Les progrès de la science et l’élévation du niveau de l’instruction n’ont pas vaincu la crédulité, contrairement à certains espoirs nés des Lumières. Elle menace toujours de nous faire prendre des vessies pour des lanternes, un dictateur pour un philanthrope, un démagogue pour un sauveur, un Trissotin pour un génie.

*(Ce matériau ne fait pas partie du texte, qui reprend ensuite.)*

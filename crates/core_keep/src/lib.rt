//! Reading stays right while entries move to previous documents, sweep vectors stand for statuses,
//! and garbage is dropped beside readers.
#![tactic(auto)]

ghost use Rattle.std.specs.Prelude.{◌≡◌, ◌⊎◌, ◌&&◌, ℕ, Bool, false, List, [], ◌∷◌, Option, None, Some, is_some, IsTrue, IsFalse};
ghost use Rattle.jr_path.specs.declared.name.Name.{Name};
ghost use Rattle.jr_path.specs.declared.path.Path.{Path};
ghost use Rattle.jr_path.specs.declared.path.DocId.TheVariants as id;
ghost use Rattle.jr_rev.specs.declared.revision.Revision.{Revision};
ghost use Rattle.jr_rev.specs.declared.vector.Pin.{Pin};
ghost use Rattle.jr_rev.specs.declared.vector.RevVec.{RevVec};
ghost use Rattle.jr_rev.specs.Vectors.{sees};
ghost use Rattle.jr_tree.specs.Trees.{node_at};
ghost use Rattle.oak_doc.specs.declared.document.Document.{Document};
ghost use Rattle.oak_doc.specs.declared.document.PrevEntry.{PrevEntry};
ghost use Rattle.oak_doc.specs.declared.update.EntryKey.{EntryKey};
ghost use Rattle.oak_doc.specs.declared.update.UpdateOp.{UpdateOp};
ghost use Rattle.oak_doc.specs.Updates.{after_changes, of_revision, values_of_property};
ghost use Rattle.oak_read.specs.Meaning.{Documents, found_node, is_committed};
ghost use Rattle.oak_machine.specs.declared.event.Start.{Start};
ghost use Rattle.oak_machine.specs.History.{Past};
ghost use Rattle.oak_machine.specs.Commits.{tree_at};
ghost use Rattle.core_read.specs.Told.{IsIn};
ghost use Rattle.core_read.specs.Commits.{Closed, Fall, Sight};
ghost use Rattle.core_read.specs.Writes.{IsOrderedDocument};
ghost use Rattle.core_keep.specs.Bounds.{Told, kept_pairs, bound_of};
ghost use Rattle.core_keep.specs.Dropping.{DropsGarbage, IsLeftAlone, IsWithout};
ghost use Rattle.core_keep.specs.From.{falling_from, course_from, AreSoundFrom, IsFirst};
ghost use Rattle.core_keep.specs.Garbage.{is_garbage_document};
ghost use Rattle.core_keep.specs.Holding.{Holding, IsBoundRead, IsBelowAll, IsPairBelow, Leads};
ghost use Rattle.core_keep.specs.Keeps.{edit_in, is_done, Course, IsCourse, IsDownward, IsHeldPair, Keeps};
ghost use Rattle.core_keep.specs.Readers.{gone_by, Reads, GoesOn, asked_too, look_on, look_too};
ghost use Rattle.core_keep.specs.Formers.{AreFormers, Former, Formers, FormersGrow, IsCopyOf, IsFollowed, IsFormer, IsShownIn};
ghost use Rattle.core_keep.specs.Lookers.{Looks, LooksOn};
ghost use Rattle.core_keep.specs.Standing.{all_at};
ghost use Rattle.std.specs.Option.{option_map_or};
ghost use Rattle.core_keep.specs.Splits.{previous_write, IsInOrder};
ghost use Rattle.core_keep.specs.Steps.{IsSameBesides, IsChangeAt, IsMainAt, IsPruned, IsMoved, IsUnwanted, IsPreviousAt, IsUnlisted};

/// The bound of a collection that reads each cluster node at a moment of its own, and then the
/// settings, is at most every pair that is held then and later, and each head.
pub fn bounds_are_below()
    ensures later { (bound : Pin) (last now : Holding) (way : List Holding) → IsBoundRead bound last
        → Leads way last now → IsBelowAll bound now }
    ensures told { (root : Document) (nodes : List Told) (settings : Document) (n : Told) (x : Pin)
        → IsIn n nodes → IsIn x (n.head ∷ n.pins) → IsPairBelow (bound_of root nodes settings) x }
    ensures kept { (root : Document) (nodes : List Told) (settings : Document) (x : Pin)
        → IsIn x (kept_pairs settings) → IsPairBelow (bound_of root nodes settings) x }
{}

/// A reader that goes document by document reads on while others go on: behind its copy of the
/// node's document it asks for the previous documents that this lists, and then for commit roots.
/// What it finds may be a previous document that a slow split wrote again after another of its
/// number was dropped: as long as it is a copy of what a former document had, and what the reader
/// goes by shows that one.
pub fn readers_go_on()
    ensures asks { (ds : Documents) (c : Course) (v t : Sight) (p : Path) (copy : Document)
        (asked : ℕ → Bool) (look : ℕ → Option Document) → Reads ds c v t p copy asked look → (k : ℕ)
        → Reads ds c v t p copy (asked_too asked k) look }
    ensures lasts { (ds now : Documents) (c later : Course) (v t : Sight) (p : Path)
        (copy : Document) (asked : ℕ → Bool) (look : ℕ → Option Document)
        → Reads ds c v t p copy asked look → (goes : GoesOn ds now c later v t p copy asked)
        → Reads now later v t p copy asked (look_on asked goes.stays look) }
    ensures finds { (ds : Documents) (c : Course) (v t : Sight) (p : Path) (copy : Document)
        (asked : ℕ → Bool) (look : ℕ → Option Document) (k : ℕ) (f : Former)
        → Reads ds c v t p copy asked look → IsHeldPair c v t → IsFormer ds c p f
        → ((x : Document) → ds (id.Prev k p) ≡ Some x → IsCopyOf p k f x)
        → IsShownIn v f (gone_by copy look) → (look k ≡ ds (id.Prev k p)) ⊎ (look k ≡ None)
        → Reads ds c v t p copy (asked_too asked k) (look_too look k (ds (id.Prev k p))) }
    ensures shows { (ds : Documents) (c : Course) (v t : Sight) (p : Path) (copy : Document)
        (f : Former) → IsHeldPair c v t → ds (id.Node p) ≡ Some copy → IsFollowed ds c p f
        → IsShownIn v f (gone_by copy (λ k. ds (id.Prev k p))) }
{}

/// A split writes a previous document where there is none of its id, so nobody lists it yet; and
/// what it writes is a copy of what the document had that it read, be that a former one meanwhile.
pub fn splits_move()
    ensures unlisted { (ds : Documents) (c : Course) (formers : Formers) (p : Path) (k : ℕ)
        → AreFormers ds c formers → ((f : Former) → formers p k ≡ Some f → f.document.mod_count ≡ k)
        → ds (id.Prev k p) ≡ None → IsUnlisted ds p k }
    ensures copies { (read : Documents) (pin : Pin) (old : Document) (number : ℕ) (p : Path)
        (f : Former) → IsInOrder old → old.id ≡ id.Node p → f.document ≡ old
        → ((n : Name) (r : Revision) → IsTrue (is_some (of_revision (values_of_property
        old.props n) r)) → IsTrue (sees pin.base r && is_committed read pin.sweep old r)
        → IsTrue (f.done r))
        → IsCopyOf p old.mod_count f (after_changes None (previous_write read pin old) number) }
{}

/// Of a revision that its bound doesn't see, a collection leaves all: entries, marks, collisions,
/// notes and statuses. So whom a committer's base doesn't see it meets as before.
pub fn collections_leave_marks()
    ensures pruned { (ds : Documents) (p : Path) (m t : RevVec) (old : Document) (op : UpdateOp)
        (number : ℕ) (keys : List EntryKey) (ns : List ℕ) (q : Revision)
        → ((r : Revision) → IsTrue (sees t r) → IsTrue (sees m r)) → IsOrderedDocument old
        → DropsGarbage ds m t p old op keys ns → IsFalse (sees m q)
        → IsLeftAlone q old (after_changes (Some old) op number) }
    ensures removed { (m t : RevVec) (old : Document) (q : Revision)
        → IsTrue (is_garbage_document m t old) → IsFalse (sees m q) → IsWithout q old }
{}

/// What others do between two steps of a reader lets it go on, where its pair is held: garbage that
/// goes, what a split lists, a document of an absent node that goes, previous documents that nobody
/// lists and that go or come, and what the journal tells more.
pub fn others_let_readers_go_on()
    ensures pruned { (ds now : Documents) (c : Course) (v t : Sight) (p : Path) (copy : Document)
        (asked : ℕ → Bool) (at : Path) (old d : Document) → Keeps ds c → IsCourse c
        → IsHeldPair c v t → ds (id.Node at) ≡ Some old → IsMainAt ds now at d
        → IsPruned ds c at old d → GoesOn ds now c c v t p copy asked }
    ensures moved { (ds now : Documents) (c : Course) (v t : Sight) (p : Path) (copy : Document)
        (asked : ℕ → Bool) (at : Path) (old d : Document) (e : PrevEntry) (x : Document)
        → Keeps ds c → IsCourse c → IsHeldPair c v t → ds (id.Node at) ≡ Some old
        → ds (id.Prev e.number at) ≡ Some x → IsMainAt ds now at d → IsMoved c at old d e x
        → GoesOn ds now c c v t p copy asked }
    ensures removed { (ds now : Documents) (c : Course) (v t : Sight) (p : Path) (copy : Document)
        (asked : ℕ → Bool) (at : Path) (old : Document) → Keeps ds c → IsCourse c → IsHeldPair c v t
        → ds (id.Node at) ≡ Some old → IsChangeAt ds now at → now (id.Node at) ≡ None
        → ((k : ℕ) → now (id.Prev k at) ≡ ds (id.Prev k at)) → IsUnwanted c at old
        → GoesOn ds now c c v t p copy asked }
    ensures previous { (ds now : Documents) (c : Course) (v t : Sight) (p : Path) (copy : Document)
        (asked : ℕ → Bool) (at : Path) (k : ℕ) → Keeps ds c → IsCourse c → IsHeldPair c v t
        → IsPreviousAt ds now at k → IsUnlisted ds at k → GoesOn ds now c c v t p copy asked }
    ensures besides { (ds now : Documents) (c : Course) (v t : Sight) (p : Path) (copy : Document)
        (asked : ℕ → Bool) (at : Path) (d : Document) (own : Sight) → Keeps ds c → IsCourse c
        → IsHeldPair c v t → IsMainAt ds now at d
        → ((q : Revision) → IsTrue (own q)
        → (edit_in c q ≡ None) × IsTrue (c.flying q) × IsFalse (c.bound q))
        → ((q : Revision) → IsTrue (own q) → IsFalse (v q))
        → IsSameBesides c own at (ds (id.Node at)) d → GoesOn ds now c c v t p copy asked }
    ensures told { (ds : Documents) (c later : Course) (v t : Sight) (p : Path) (copy : Document)
        (asked : ℕ → Bool) → Fall c.commits → Fall later.commits → later.tree ≡ c.tree
        → ((q : Revision) → IsTrue (v q) → edit_in later q ≡ edit_in c q)
        → ((r : Revision) → IsTrue (is_done c r) → IsTrue (is_done later r))
        → GoesOn ds ds c later v t p copy asked }
{}

/// Kept documents mean the tree of a journal that begins with a start, as of a repository opened
/// from documents: the tree of the start is what the bounds see first.
pub fn kept_documents_with_a_start_mean_the_tree()
    ensures { (start : Start) (past : Past) (base : Revision → Sight) (ds : Documents)
        (v t : RevVec) (p : Path) → IsFirst start.tree
        → AreSoundFrom start.tree base (falling_from past)
        → Closed base (sees v) (falling_from past) → Keeps ds (course_from start past)
        → IsCourse (course_from start past)
        → IsDownward (course_from start past) (course_from start past).bound
        → IsHeldPair (course_from start past) (sees v) (sees t)
        → found_node ds t v p ≡ node_at (tree_at (Some start) past v) p }
{}

/// A committer that looks at the document as it was before its write, and then at the previous
/// documents that this listed, one after another, while others go on, finds of what its base
/// doesn't see just what stood at its write: what was dropped meanwhile had nothing of that, and
/// what a slow split wrote had stood. A step of others lets it look on: a write, an undo, marks and
/// notes, the last write, what a split lists, garbage that goes, a document of an absent node, and
/// previous documents that nobody lists.
pub fn committers_look_on()
    ensures begins { (ds : Documents) (c : Course) (formers : Formers) (unseen : Sight) (p : Path)
        (copy : Document) → Keeps ds c → IsCourse c → AreFormers ds c formers
        → ((o : Revision) → IsTrue (unseen o) → IsFalse (c.bound o)) → ds (id.Node p) ≡ Some copy
        → Looks ds formers unseen p (all_at ds p) copy (λ k. false) (λ k. ds (id.Prev k p)) }
    ensures lasts { (ds now : Documents) (formers more : Formers) (unseen : Sight) (p : Path)
        (stood : List Document) (copy : Document) (asked : ℕ → Bool) (look : ℕ → Option Document)
        → FormersGrow formers more → Looks ds formers unseen p stood copy asked look
        → (goes : LooksOn ds now unseen p copy asked)
        → Looks now more unseen p stood copy asked (look_on asked goes.stays look) }
    ensures finds { (ds : Documents) (formers : Formers) (unseen : Sight) (p : Path)
        (stood : List Document) (copy : Document) (asked : ℕ → Bool) (look : ℕ → Option Document)
        (e : PrevEntry) → Looks ds formers unseen p stood copy asked look → IsIn e copy.prev
        → IsFalse (asked e.number)
        → ((f : Former) (x : Document) → formers p e.number ≡ Some f
        → ds (id.Prev e.number p) ≡ Some x → IsCopyOf p e.number f x)
        → Looks ds formers unseen p stood copy (asked_too asked e.number) (look_too look
        e.number (ds (id.Prev e.number p))) }
    ensures changed { (ds now : Documents) (unseen : Sight) (p : Path) (copy : Document)
        (asked : ℕ → Bool) (at : Path) (d : Document) → IsMainAt ds now at d
        → d.prev ≡ option_map_or (λ d. d.prev) (ds (id.Node at)) []
        → LooksOn ds now unseen p copy asked }
    ensures moved { (ds now : Documents) (unseen : Sight) (p : Path) (copy : Document)
        (asked : ℕ → Bool) (at : Path) (old d : Document) (e : PrevEntry)
        → ds (id.Node at) ≡ Some old → IsMainAt ds now at d → d.prev ≡ e ∷ old.prev
        → LooksOn ds now unseen p copy asked }
    ensures pruned { (ds now : Documents) (c : Course) (unseen : Sight) (p : Path) (copy : Document)
        (asked : ℕ → Bool) (at : Path) (old d : Document)
        → ((o : Revision) → IsTrue (unseen o) → IsFalse (c.bound o)) → ds (id.Node at) ≡ Some old
        → IsMainAt ds now at d → IsPruned ds c at old d → LooksOn ds now unseen p copy asked }
    ensures removed { (ds now : Documents) (c : Course) (unseen : Sight) (p : Path)
        (copy : Document) (asked : ℕ → Bool) (at : Path) (old : Document) → Keeps ds c → IsCourse c
        → IsDownward c c.bound → ((o : Revision) → IsTrue (unseen o) → IsFalse (c.bound o))
        → ds (id.Node at) ≡ Some old → IsChangeAt ds now at
        → ((k : ℕ) (q : Path) → now (id.Prev k q) ≡ ds (id.Prev k q)) → IsUnwanted c at old
        → LooksOn ds now unseen p copy asked }
    ensures previous { (ds now : Documents) (unseen : Sight) (p : Path) (copy : Document)
        (asked : ℕ → Bool) (at : Path) (k : ℕ) → IsPreviousAt ds now at k → IsUnlisted ds at k
        → LooksOn ds now unseen p copy asked }
    ensures others { (ds now : Documents) (unseen : Sight) (p : Path) (copy : Document)
        (asked : ℕ → Bool) → ((q : Path) → now (id.Node q) ≡ ds (id.Node q))
        → ((k : ℕ) (q : Path) → now (id.Prev k q) ≡ ds (id.Prev k q))
        → LooksOn ds now unseen p copy asked }
{}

Elle trouble même les esprits les plus riches, leur faisant juger inapplicables des solutions accessibles, et possibles des idées saugrenues. Un sociologue, Gérald Bronner (1), soutient que la production gigantesque et sans cesse croissante d’informations invérifiables sur l’Internet et leur accès immédiat et universel permettent aux croyances, les plus bizarres parfois, de se répandre en épidémie et de s’ancrer dans bien des esprits.
Notre actualité est riche de ces erreurs de perspective, de ces hagiographies infondées, de ces condamnations expéditives. Ni Dieu ni Diable, Hugo Chavez est un tribun populiste qui finançait ses généreuses idées par la manne pétrolière, mais sans construire une économie solide capable de garantir une durable redistribution.
Stéphane Hessel était un honnête homme et un esprit brillant, mais rien dans sa vie ni son oeuvre ne le désigne pour entrer au Panthéon ou pour la béatification.
Marcela Iacub n’est ni un monstre ni une sorcière, mais une intellectuelle à la pensée riche et paradoxale. Que certains illuminés imaginent une Terre plate ne gêne pas grand monde. Que d’autres croient que les autorités américaines ont piégé les tours du World Trade Center inquiète davantage, et en dit long sur l’altération du jugement que provoque un aveuglement idéologique. D’autant qu’ils pourront nourrir leur suspicion à partir de véritables opérations de désinformation, comme les fausses preuves de l’existence des armes de destruction massive en Irak.
La persistance de la crise en Europe ouvre des boulevards aux démagogues et aux manipulateurs. Qu’ils entrent dans les parlements ou fassent descendre des foules dans la rue, ils sapent progressivement les fondements de la démocratie en s’appuyant sur notre fâcheuse et très ancienne propension à la crédulité.